Exercise directions:
Using the records below, repeat exactly the lines from the one holding "play(&rt, FOLDER_BESIDE);" through the one holding "fn a_link_to_a_file_stays_one(rt: HostRuntime)", both ends included, and no others.

Dataset entries:
• • • • •

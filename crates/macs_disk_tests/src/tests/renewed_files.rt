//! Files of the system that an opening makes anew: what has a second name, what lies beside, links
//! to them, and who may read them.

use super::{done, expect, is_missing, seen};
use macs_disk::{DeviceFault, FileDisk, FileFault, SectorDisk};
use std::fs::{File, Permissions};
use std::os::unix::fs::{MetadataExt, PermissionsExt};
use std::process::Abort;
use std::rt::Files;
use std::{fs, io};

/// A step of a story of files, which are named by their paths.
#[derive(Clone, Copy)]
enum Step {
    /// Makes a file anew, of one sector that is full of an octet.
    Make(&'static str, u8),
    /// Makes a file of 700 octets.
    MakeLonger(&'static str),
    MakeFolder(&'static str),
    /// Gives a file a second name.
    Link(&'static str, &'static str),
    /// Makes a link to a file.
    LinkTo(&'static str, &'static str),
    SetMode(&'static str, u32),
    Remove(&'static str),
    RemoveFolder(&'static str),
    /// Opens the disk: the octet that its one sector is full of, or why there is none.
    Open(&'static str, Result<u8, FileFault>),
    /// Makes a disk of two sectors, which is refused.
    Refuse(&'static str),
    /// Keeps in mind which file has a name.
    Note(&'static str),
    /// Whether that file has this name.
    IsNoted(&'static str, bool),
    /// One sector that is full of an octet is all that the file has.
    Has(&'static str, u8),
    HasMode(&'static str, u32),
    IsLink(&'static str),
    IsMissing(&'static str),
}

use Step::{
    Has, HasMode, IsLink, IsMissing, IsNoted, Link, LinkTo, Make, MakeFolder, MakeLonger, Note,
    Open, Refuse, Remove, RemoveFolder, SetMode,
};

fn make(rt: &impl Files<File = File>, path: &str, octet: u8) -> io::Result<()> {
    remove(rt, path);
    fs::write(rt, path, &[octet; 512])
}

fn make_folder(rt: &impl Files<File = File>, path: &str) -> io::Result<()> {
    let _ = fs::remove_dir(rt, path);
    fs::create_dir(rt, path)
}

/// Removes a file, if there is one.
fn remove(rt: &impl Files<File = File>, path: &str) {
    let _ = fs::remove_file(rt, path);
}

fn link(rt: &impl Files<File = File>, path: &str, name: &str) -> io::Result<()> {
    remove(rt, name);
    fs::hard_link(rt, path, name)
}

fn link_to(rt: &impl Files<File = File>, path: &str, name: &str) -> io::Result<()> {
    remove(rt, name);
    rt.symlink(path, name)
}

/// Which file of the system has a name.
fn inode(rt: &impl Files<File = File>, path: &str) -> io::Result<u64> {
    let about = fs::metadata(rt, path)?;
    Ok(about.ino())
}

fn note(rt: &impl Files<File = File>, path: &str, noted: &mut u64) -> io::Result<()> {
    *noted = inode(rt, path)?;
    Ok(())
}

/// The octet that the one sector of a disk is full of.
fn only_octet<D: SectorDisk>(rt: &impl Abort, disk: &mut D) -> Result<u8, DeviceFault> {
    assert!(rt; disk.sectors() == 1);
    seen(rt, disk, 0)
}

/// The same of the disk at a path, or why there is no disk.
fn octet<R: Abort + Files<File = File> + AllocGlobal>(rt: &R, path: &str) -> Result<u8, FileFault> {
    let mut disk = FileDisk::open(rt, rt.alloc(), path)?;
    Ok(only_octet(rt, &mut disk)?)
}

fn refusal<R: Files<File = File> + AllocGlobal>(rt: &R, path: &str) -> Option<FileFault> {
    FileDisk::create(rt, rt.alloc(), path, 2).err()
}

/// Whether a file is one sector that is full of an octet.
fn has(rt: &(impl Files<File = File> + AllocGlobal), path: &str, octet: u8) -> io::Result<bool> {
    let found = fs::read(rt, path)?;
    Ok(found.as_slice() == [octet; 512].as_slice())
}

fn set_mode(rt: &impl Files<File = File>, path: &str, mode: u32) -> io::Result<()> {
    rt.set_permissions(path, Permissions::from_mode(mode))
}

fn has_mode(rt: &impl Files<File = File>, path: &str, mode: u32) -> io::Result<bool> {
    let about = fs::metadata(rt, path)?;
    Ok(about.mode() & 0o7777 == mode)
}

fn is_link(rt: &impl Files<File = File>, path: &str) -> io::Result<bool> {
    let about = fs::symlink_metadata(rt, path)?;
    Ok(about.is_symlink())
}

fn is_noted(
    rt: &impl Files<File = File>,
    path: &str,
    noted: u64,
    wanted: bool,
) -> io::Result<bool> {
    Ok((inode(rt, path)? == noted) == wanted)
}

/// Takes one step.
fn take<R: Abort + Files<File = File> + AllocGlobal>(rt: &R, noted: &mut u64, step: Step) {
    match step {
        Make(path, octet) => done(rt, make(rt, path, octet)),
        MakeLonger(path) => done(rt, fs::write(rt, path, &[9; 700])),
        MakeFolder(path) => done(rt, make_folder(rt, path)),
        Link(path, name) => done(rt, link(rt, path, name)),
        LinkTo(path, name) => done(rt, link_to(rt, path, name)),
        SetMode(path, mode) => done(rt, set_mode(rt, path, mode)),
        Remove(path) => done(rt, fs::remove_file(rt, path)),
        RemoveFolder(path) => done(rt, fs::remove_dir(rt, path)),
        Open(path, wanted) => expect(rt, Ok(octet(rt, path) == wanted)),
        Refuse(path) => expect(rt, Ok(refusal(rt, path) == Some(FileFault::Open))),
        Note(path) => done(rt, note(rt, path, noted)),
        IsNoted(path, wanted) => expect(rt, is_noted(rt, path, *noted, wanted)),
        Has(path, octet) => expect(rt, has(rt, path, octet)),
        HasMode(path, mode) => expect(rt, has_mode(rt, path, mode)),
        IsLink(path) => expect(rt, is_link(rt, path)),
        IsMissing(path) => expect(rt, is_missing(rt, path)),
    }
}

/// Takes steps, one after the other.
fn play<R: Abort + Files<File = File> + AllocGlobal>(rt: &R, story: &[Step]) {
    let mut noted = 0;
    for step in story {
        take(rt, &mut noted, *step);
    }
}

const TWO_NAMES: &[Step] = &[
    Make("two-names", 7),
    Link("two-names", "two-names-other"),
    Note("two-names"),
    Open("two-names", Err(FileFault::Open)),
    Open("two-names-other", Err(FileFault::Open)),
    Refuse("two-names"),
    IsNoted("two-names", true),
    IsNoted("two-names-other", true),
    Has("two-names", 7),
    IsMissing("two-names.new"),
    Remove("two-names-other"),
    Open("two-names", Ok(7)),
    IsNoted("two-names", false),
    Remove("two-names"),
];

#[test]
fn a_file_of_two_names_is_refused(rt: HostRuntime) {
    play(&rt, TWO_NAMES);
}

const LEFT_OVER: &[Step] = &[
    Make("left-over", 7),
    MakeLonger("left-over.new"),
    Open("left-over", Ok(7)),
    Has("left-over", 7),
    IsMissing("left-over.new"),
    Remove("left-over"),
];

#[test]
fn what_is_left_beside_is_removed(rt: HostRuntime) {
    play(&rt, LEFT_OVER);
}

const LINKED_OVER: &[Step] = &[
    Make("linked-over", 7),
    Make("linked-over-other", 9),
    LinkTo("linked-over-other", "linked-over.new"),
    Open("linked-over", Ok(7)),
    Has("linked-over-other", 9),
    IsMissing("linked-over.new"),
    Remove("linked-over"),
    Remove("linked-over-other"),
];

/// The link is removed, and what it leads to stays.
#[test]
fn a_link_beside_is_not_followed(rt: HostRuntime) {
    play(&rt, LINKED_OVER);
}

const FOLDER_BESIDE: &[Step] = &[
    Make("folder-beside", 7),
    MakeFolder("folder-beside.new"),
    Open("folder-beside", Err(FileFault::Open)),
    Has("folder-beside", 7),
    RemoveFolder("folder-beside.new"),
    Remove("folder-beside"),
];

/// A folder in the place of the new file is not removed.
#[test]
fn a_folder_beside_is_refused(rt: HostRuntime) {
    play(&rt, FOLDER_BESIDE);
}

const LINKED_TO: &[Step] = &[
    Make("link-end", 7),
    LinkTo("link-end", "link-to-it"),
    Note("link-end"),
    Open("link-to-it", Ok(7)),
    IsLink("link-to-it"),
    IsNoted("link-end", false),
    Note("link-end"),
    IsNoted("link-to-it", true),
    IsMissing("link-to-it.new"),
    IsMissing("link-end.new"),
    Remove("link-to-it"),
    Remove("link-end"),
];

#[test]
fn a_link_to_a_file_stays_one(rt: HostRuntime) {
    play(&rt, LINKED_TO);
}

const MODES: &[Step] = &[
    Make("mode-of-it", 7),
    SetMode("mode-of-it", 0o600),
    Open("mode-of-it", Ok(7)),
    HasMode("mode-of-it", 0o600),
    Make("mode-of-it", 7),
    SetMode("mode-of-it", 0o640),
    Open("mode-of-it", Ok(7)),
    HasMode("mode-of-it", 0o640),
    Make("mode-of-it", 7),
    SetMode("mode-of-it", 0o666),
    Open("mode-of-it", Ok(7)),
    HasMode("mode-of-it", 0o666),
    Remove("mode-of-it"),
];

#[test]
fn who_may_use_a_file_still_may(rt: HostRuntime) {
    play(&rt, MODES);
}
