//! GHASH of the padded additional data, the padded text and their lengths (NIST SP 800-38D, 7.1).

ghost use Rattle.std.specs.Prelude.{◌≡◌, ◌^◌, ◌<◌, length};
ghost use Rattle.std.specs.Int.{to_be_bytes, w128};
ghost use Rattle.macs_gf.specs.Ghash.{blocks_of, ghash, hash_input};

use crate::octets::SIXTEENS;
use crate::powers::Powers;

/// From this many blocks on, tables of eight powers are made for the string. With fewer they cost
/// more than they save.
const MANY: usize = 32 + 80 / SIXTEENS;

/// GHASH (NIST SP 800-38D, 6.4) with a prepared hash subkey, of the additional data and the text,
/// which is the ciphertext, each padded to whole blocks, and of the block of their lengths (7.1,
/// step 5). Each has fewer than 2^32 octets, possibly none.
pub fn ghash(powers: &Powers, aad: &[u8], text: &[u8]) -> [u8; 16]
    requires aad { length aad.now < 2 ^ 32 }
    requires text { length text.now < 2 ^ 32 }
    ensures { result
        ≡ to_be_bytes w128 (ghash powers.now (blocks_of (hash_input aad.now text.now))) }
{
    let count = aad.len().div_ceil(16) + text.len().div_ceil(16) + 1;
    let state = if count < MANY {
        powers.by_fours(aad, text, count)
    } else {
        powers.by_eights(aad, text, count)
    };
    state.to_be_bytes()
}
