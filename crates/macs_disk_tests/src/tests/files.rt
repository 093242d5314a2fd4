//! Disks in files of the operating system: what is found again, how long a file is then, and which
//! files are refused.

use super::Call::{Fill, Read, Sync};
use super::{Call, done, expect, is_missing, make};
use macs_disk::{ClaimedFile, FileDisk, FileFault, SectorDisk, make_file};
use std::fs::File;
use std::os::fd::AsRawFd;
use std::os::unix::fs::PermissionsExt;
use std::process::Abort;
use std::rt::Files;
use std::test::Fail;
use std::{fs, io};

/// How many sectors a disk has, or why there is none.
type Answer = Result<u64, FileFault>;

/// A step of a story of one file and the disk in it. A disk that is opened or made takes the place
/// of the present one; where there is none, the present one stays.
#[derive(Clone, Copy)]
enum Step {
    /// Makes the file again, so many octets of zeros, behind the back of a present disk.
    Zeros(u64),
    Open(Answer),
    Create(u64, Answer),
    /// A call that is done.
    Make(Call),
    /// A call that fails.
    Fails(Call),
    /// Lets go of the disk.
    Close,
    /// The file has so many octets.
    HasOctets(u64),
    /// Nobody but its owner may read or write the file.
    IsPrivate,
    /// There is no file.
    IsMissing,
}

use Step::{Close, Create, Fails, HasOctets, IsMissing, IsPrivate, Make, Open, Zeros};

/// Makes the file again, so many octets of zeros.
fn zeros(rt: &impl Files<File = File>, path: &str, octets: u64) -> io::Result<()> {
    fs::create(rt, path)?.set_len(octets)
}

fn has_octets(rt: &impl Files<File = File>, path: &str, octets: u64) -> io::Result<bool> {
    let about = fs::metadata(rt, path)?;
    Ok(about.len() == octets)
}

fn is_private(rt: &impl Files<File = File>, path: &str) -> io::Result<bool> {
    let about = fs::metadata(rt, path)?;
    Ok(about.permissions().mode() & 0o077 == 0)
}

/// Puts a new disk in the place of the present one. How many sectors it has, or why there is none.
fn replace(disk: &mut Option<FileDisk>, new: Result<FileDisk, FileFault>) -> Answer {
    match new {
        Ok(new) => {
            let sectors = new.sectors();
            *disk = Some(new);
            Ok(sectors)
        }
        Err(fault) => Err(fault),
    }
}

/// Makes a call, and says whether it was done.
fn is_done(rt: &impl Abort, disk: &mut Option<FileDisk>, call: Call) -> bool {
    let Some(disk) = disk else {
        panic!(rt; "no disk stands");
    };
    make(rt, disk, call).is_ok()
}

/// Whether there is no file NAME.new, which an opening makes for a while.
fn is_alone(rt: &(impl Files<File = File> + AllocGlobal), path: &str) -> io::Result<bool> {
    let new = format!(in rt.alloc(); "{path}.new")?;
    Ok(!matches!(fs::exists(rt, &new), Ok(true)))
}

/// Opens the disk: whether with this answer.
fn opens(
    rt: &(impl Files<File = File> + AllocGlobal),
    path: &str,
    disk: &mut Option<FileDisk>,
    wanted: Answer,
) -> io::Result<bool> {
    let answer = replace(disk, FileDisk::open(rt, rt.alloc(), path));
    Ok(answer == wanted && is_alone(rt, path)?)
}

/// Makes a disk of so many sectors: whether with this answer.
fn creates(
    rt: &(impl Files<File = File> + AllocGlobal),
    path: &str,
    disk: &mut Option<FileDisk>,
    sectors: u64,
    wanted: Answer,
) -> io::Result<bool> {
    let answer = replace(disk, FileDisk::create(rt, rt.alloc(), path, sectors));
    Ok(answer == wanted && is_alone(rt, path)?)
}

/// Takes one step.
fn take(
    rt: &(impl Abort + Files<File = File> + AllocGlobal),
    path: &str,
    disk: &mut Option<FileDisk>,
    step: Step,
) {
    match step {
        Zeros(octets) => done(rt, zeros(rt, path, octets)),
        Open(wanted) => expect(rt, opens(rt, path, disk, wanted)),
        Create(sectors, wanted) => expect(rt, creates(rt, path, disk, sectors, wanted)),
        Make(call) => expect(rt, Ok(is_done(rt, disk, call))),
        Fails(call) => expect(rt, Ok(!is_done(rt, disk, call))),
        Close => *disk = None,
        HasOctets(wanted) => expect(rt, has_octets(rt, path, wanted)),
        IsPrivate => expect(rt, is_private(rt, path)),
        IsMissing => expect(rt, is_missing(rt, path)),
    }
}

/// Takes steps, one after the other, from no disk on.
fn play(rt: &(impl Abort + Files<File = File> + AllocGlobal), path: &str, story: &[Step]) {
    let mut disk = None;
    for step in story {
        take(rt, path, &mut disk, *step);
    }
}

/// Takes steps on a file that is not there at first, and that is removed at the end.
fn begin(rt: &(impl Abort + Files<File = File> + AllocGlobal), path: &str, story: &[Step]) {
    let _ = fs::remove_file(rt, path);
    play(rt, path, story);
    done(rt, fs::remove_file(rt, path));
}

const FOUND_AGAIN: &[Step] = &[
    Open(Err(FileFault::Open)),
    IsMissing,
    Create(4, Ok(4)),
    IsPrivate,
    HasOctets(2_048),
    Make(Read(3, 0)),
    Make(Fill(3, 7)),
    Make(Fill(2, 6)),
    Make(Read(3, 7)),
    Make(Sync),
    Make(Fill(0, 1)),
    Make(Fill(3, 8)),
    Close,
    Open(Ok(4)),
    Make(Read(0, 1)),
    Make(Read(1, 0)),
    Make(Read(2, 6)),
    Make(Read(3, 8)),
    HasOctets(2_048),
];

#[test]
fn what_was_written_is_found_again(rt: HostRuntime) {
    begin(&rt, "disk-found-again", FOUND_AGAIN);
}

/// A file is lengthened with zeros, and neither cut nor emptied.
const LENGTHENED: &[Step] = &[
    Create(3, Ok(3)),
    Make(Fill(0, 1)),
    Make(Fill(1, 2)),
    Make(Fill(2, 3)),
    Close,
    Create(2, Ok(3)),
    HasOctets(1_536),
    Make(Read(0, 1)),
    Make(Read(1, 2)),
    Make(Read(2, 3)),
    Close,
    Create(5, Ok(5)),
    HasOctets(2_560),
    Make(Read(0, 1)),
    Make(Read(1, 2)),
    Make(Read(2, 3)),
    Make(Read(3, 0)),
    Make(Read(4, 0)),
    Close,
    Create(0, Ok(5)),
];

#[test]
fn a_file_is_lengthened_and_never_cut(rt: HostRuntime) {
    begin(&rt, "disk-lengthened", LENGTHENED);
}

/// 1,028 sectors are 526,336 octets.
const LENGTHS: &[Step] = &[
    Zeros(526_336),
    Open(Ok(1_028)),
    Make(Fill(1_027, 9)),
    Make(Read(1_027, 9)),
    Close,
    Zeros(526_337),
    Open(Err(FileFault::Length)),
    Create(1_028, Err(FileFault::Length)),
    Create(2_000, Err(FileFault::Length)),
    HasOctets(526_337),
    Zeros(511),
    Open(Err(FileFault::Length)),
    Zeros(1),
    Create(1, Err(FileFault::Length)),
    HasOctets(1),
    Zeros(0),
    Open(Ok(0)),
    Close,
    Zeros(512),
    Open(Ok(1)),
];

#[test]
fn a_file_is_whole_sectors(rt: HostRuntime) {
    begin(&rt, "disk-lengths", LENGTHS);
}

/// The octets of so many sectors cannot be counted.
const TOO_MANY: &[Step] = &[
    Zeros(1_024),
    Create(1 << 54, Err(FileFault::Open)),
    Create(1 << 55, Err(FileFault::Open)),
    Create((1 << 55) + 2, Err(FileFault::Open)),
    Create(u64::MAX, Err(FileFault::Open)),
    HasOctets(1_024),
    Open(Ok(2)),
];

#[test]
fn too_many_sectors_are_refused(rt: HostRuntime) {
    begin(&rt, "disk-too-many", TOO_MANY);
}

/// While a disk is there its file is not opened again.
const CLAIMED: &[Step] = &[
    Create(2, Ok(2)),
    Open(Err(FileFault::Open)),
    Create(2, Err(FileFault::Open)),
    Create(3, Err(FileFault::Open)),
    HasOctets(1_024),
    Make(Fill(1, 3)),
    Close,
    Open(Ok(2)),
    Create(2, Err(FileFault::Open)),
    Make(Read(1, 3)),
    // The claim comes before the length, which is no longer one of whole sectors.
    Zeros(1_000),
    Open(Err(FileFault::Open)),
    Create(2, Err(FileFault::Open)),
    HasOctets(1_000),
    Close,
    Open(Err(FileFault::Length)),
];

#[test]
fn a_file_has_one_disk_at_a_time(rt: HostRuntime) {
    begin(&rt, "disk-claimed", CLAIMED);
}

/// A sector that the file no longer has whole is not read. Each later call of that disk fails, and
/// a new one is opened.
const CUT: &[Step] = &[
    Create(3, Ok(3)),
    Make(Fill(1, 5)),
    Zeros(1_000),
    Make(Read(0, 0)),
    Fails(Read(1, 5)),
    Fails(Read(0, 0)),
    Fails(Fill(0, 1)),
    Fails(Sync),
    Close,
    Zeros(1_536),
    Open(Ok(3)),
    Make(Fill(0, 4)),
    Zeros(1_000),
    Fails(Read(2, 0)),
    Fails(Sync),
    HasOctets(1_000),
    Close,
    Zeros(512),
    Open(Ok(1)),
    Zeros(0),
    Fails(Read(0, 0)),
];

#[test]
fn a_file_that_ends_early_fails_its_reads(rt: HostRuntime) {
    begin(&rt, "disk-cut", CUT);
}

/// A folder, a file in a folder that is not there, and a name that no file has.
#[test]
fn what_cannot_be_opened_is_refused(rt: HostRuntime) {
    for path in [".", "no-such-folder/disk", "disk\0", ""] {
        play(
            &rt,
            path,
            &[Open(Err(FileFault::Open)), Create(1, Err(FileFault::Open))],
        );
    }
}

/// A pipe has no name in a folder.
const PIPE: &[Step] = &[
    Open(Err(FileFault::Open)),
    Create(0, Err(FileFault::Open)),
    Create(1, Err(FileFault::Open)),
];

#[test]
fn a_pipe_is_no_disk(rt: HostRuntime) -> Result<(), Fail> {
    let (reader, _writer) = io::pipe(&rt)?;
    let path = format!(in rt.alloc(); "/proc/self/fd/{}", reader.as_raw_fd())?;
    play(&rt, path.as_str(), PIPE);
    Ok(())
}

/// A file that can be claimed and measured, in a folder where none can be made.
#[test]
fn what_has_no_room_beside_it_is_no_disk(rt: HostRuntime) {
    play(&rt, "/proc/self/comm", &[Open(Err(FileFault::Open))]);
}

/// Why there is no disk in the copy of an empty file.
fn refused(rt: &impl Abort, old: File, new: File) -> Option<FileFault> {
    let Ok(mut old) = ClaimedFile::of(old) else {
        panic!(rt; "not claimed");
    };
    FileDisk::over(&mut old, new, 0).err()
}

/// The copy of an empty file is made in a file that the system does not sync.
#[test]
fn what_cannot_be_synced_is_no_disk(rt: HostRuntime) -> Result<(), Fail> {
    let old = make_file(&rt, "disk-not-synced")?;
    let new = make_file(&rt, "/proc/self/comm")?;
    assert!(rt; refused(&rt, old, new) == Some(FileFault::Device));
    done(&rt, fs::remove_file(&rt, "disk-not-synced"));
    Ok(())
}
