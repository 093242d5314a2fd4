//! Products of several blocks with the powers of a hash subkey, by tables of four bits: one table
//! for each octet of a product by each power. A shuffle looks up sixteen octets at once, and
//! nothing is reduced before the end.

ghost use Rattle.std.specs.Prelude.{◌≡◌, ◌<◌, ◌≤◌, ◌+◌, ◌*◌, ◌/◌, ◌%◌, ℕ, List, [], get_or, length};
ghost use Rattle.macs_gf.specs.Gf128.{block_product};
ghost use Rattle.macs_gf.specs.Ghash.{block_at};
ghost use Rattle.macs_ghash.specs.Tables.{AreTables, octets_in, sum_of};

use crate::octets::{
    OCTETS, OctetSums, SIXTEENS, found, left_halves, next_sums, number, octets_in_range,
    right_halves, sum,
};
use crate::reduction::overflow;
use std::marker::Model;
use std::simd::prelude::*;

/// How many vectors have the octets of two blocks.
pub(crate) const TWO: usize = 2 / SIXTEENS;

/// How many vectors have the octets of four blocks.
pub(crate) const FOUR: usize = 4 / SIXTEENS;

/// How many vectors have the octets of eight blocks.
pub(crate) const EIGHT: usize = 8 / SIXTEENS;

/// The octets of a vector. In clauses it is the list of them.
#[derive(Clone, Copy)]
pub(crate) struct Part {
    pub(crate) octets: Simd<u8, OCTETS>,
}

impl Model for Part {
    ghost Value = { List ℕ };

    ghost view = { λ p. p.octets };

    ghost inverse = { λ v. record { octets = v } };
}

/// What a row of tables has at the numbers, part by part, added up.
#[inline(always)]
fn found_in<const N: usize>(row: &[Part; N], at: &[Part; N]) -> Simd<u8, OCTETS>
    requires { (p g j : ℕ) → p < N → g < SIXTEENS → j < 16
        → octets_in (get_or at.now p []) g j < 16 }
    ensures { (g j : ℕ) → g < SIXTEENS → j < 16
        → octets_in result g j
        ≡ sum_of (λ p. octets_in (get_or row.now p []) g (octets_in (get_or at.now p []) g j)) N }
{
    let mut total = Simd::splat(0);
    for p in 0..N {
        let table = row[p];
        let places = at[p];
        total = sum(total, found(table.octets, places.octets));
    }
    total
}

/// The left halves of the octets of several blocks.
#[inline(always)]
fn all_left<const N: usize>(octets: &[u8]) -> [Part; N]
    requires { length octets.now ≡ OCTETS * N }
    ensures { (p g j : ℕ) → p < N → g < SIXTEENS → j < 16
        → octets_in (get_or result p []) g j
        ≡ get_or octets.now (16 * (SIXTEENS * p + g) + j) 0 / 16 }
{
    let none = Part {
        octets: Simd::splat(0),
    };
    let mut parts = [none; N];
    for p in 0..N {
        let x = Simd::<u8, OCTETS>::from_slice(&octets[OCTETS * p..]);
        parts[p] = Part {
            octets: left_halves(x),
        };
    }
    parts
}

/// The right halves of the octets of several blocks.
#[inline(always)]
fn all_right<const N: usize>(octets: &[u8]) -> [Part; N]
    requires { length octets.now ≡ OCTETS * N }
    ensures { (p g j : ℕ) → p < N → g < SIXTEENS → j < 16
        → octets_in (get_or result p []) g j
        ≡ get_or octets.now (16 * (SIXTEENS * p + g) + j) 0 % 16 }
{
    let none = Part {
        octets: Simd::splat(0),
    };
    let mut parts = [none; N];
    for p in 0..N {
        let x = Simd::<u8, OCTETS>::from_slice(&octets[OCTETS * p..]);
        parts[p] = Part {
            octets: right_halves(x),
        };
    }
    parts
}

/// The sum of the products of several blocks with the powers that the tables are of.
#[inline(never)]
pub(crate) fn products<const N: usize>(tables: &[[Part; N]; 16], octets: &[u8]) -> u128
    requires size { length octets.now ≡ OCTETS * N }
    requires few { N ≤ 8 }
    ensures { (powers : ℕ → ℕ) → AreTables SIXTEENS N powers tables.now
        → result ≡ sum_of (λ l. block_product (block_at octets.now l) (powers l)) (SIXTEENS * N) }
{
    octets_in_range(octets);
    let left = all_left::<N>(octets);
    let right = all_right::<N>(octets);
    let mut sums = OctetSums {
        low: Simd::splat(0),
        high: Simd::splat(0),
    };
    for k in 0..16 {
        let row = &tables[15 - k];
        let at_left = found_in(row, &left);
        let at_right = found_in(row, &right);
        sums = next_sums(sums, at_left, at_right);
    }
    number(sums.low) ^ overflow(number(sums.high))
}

• • • • •

Exercise output:
    play(&rt, FOLDER_BESIDE);
}

const LINKED_TO: &[Step] = &[
    Make("link-end", 7),
    LinkTo("link-end", "link-to-it"),
    Note("link-end"),
    Open("link-to-it", Ok(7)),
    IsLink("link-to-it"),
    IsNoted("link-end", false),
    Note("link-end"),
    IsNoted("link-to-it", true),
    IsMissing("link-to-it.new"),
    IsMissing("link-end.new"),
    Remove("link-to-it"),
    Remove("link-end"),
];

#[test]
fn a_link_to_a_file_stays_one(rt: HostRuntime) {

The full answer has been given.